### RECORD SET
----

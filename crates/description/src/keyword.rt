// The words that a line may begin with.
ghost use Rattle.std.specs.Prelude.{◌≡◌};
ghost use Rattle.description.specs.Entries.{keyword_of};

#[derive(Clone, Copy)]
pub enum Keyword {
    Imbalance,
    Index,
    DownBid,
    UpBid,
    Down,
    Up,
    Internal,
    Producer,
    Consumer,
}

impl Keyword {
    pub(crate) fn named(word: &[u8]) -> Option<Keyword>
        ensures { result ≡ keyword_of word.now }
    {
        match word {
            b"imbalance" => Some(Keyword::Imbalance),
            b"index" => Some(Keyword::Index),
            b"down-bid" => Some(Keyword::DownBid),
            b"up-bid" => Some(Keyword::UpBid),
            b"down" => Some(Keyword::Down),
            b"up" => Some(Keyword::Up),
            b"internal" => Some(Keyword::Internal),
            b"producer" => Some(Keyword::Producer),
            b"consumer" => Some(Keyword::Consumer),
            _ => None,
        }
    }
}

----

### TASK ITEM
Using the records above, copy each line that contains "Some".

### OUTPUT FOR THIS TASK
            b"imbalance" => Some(Keyword::Imbalance),
            b"index" => Some(Keyword::Index),
            b"down-bid" => Some(Keyword::DownBid),
            b"up-bid" => Some(Keyword::UpBid),
            b"down" => Some(Keyword::Down),
            b"up" => Some(Keyword::Up),
            b"internal" => Some(Keyword::Internal),
            b"producer" => Some(Keyword::Producer),
            b"consumer" => Some(Keyword::Consumer),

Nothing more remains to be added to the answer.